Material for the task START
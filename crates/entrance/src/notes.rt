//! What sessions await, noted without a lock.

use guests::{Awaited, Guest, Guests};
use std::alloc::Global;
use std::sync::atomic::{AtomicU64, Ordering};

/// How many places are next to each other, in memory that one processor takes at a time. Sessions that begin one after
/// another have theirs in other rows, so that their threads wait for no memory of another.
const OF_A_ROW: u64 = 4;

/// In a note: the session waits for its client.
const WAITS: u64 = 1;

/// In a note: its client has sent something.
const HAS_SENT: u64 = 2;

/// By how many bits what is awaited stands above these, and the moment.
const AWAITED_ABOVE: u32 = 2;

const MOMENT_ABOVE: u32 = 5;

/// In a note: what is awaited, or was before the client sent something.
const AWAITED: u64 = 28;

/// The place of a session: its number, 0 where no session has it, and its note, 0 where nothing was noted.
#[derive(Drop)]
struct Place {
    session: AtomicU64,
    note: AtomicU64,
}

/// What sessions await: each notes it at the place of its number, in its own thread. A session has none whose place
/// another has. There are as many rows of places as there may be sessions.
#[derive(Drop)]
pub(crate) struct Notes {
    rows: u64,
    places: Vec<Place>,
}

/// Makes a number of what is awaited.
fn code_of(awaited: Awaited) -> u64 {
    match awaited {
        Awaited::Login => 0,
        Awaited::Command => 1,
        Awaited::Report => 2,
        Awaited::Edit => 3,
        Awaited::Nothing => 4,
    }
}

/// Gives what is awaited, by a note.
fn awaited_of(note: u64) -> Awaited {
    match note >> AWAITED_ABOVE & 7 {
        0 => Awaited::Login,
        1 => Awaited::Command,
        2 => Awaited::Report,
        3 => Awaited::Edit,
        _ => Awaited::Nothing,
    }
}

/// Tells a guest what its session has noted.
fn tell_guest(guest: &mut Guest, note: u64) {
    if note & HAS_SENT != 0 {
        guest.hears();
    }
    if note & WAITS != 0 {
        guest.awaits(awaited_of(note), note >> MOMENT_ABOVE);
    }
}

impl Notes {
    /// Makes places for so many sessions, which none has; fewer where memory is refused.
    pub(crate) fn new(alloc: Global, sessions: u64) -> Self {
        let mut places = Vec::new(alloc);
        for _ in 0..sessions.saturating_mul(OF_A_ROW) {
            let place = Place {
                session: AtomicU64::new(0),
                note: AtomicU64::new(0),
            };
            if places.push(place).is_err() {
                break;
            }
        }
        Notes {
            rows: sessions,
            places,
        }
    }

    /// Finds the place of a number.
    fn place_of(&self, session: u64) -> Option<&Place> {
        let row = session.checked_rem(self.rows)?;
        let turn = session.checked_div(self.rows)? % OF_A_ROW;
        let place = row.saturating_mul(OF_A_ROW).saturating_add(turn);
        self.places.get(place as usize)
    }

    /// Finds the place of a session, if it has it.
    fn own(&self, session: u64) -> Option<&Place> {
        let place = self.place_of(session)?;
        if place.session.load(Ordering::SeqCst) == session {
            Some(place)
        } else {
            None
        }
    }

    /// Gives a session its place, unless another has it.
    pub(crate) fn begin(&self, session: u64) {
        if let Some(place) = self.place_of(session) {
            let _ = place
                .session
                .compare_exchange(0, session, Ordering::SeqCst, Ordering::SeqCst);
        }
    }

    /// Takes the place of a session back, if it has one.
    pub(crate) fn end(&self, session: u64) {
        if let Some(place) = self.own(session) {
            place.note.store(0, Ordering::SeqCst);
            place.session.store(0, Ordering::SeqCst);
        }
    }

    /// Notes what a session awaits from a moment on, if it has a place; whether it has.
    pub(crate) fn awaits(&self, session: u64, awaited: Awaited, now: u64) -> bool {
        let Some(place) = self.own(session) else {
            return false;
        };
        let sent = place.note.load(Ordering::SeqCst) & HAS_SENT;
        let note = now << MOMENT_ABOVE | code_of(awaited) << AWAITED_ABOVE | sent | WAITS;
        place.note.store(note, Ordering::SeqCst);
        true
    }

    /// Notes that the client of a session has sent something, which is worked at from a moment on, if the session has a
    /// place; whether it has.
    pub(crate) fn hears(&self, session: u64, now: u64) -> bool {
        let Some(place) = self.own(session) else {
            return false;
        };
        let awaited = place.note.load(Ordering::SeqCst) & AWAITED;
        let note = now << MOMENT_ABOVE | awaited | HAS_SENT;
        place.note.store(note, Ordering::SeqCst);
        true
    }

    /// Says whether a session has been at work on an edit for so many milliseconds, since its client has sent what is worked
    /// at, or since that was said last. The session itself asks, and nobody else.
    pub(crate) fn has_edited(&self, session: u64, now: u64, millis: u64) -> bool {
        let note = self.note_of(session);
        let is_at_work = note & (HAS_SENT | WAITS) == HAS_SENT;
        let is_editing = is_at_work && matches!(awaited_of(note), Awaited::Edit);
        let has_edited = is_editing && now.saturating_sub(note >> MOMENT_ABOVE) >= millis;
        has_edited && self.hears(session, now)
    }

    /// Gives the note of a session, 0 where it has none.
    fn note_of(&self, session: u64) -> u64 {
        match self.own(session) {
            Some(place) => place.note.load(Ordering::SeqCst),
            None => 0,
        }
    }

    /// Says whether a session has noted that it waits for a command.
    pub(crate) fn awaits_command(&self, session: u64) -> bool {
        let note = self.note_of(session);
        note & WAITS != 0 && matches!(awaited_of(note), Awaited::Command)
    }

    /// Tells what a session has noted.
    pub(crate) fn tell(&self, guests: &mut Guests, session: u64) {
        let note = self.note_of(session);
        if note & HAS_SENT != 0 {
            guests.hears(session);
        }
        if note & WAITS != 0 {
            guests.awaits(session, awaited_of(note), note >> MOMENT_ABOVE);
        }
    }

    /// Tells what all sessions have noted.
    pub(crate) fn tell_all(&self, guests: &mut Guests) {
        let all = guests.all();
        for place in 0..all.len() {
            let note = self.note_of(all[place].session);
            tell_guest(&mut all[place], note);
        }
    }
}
Material for the task END
Material for the task START
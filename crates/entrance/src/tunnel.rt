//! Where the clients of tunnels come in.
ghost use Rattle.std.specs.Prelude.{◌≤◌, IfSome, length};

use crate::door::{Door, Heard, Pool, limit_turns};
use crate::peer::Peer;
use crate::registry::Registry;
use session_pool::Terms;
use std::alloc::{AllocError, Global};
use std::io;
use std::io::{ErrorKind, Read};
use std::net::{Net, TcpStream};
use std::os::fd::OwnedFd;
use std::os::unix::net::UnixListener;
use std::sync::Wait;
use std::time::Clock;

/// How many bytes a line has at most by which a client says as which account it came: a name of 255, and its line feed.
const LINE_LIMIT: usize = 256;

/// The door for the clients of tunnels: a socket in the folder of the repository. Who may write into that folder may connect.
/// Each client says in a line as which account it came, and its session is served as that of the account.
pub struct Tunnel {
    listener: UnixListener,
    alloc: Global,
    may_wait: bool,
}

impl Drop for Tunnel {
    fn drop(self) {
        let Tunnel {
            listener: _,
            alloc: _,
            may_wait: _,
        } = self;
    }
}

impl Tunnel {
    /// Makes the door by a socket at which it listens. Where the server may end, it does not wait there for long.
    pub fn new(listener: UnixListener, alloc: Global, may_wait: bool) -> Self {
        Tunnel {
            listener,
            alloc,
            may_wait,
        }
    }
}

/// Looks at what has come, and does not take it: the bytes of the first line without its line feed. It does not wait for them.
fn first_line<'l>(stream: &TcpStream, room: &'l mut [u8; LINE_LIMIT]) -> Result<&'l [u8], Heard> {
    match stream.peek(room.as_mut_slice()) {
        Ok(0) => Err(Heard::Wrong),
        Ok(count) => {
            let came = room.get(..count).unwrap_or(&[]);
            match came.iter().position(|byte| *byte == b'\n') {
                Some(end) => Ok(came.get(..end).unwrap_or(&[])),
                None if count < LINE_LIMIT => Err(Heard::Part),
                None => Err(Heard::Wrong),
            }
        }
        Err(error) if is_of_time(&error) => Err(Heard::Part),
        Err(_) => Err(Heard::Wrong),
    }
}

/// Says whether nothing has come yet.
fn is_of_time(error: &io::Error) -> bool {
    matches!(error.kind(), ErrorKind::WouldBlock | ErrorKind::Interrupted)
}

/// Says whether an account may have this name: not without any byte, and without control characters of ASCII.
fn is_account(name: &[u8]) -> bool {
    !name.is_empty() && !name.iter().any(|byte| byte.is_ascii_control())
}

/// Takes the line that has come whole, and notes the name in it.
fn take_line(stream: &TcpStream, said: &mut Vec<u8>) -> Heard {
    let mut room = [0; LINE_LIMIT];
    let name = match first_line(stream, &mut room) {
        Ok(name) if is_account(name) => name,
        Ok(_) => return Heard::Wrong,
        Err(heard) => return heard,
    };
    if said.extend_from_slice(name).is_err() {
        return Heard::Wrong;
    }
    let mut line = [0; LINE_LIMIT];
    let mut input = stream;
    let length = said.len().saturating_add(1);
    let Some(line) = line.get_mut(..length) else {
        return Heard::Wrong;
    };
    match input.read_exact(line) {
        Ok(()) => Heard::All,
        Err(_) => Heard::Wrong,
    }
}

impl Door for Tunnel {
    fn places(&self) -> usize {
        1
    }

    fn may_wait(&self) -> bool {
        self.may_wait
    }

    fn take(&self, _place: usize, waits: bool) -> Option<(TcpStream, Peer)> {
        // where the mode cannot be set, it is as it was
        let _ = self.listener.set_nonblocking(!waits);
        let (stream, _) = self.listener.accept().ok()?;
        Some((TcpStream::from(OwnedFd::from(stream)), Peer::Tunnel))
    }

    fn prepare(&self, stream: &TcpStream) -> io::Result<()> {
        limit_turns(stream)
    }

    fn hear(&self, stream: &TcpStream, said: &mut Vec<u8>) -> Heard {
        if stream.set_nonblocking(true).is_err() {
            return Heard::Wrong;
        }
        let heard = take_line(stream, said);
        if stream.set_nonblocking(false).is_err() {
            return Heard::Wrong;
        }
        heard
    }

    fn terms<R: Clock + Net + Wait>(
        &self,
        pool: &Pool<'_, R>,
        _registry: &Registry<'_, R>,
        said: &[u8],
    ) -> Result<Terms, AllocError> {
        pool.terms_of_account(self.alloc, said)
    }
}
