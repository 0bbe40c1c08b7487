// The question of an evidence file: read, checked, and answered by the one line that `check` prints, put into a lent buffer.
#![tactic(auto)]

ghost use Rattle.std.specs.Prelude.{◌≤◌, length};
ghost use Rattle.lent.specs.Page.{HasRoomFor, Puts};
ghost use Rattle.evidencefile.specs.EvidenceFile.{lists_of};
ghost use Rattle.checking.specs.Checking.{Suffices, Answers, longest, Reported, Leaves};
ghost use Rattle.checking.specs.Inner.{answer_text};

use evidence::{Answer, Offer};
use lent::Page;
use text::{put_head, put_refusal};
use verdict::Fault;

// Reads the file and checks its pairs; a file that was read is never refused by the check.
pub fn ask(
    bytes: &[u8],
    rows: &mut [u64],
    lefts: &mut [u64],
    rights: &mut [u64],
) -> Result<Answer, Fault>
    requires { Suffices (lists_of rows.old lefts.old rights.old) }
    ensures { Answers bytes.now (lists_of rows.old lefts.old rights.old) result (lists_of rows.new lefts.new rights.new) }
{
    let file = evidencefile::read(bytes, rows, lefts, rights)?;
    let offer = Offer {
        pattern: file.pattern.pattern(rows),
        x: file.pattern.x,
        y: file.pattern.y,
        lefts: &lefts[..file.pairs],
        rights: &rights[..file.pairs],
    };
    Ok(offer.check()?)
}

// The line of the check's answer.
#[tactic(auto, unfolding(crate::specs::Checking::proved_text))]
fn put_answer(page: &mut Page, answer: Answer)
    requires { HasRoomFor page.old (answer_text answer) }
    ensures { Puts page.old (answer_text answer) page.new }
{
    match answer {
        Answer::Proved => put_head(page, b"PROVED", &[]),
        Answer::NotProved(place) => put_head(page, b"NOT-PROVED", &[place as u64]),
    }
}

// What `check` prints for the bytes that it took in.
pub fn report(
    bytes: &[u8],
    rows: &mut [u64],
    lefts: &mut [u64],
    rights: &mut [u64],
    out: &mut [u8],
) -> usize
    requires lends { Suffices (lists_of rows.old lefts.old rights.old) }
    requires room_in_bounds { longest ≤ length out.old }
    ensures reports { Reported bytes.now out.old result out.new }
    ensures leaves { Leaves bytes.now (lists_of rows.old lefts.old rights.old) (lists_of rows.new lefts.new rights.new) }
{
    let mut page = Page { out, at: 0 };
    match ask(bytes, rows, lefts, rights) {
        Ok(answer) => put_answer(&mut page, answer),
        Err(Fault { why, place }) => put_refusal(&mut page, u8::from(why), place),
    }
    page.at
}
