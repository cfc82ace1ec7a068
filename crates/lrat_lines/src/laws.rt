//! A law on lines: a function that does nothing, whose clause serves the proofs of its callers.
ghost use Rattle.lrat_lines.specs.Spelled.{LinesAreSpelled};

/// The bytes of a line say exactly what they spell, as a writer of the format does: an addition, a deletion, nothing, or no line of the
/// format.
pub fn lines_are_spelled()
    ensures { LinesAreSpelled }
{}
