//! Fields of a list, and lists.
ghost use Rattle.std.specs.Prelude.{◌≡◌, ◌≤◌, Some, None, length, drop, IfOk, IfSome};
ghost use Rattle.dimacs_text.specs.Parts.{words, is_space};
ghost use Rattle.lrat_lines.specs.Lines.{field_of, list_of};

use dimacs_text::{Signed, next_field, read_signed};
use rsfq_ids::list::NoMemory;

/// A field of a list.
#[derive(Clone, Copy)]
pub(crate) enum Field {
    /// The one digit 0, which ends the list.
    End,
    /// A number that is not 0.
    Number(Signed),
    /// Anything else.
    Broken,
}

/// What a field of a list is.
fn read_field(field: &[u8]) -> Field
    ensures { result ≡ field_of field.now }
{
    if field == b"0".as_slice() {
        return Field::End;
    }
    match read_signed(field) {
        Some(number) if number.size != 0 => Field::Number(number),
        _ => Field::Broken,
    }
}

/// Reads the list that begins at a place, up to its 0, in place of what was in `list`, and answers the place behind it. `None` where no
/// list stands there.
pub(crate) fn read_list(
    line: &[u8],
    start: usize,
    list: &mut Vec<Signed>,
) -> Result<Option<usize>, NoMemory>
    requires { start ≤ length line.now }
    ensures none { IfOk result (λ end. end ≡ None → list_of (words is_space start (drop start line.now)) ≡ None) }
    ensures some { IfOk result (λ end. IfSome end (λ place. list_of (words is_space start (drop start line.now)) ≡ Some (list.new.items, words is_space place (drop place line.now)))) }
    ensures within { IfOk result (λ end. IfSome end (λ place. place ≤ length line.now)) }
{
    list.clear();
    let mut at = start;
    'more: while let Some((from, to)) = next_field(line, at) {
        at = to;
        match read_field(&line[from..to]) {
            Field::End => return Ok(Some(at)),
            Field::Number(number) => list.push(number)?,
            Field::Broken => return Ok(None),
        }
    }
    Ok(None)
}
Material for the task END
What is required: Each line in the listing above from the one containing "fn first_line<'l>(stream: &TcpStream, room: &'l" through the one containing "fn is_account(name: &[u8])" should be repeated exactly, and no other line.

The completed task:
fn first_line<'l>(stream: &TcpStream, room: &'l mut [u8; LINE_LIMIT]) -> Result<&'l [u8], Heard> {
    match stream.peek(room.as_mut_slice()) {
        Ok(0) => Err(Heard::Wrong),
        Ok(count) => {
            let came = room.get(..count).unwrap_or(&[]);
            match came.iter().position(|byte| *byte == b'\n') {
                Some(end) => Ok(came.get(..end).unwrap_or(&[])),
                None if count < LINE_LIMIT => Err(Heard::Part),
                None => Err(Heard::Wrong),
            }
        }
        Err(error) if is_of_time(&error) => Err(Heard::Part),
        Err(_) => Err(Heard::Wrong),
    }
}

/// Says whether nothing has come yet.
fn is_of_time(error: &io::Error) -> bool {
    matches!(error.kind(), ErrorKind::WouldBlock | ErrorKind::Interrupted)
}

/// Says whether an account may have this name: not without any byte, and without control characters of ASCII.
fn is_account(name: &[u8]) -> bool {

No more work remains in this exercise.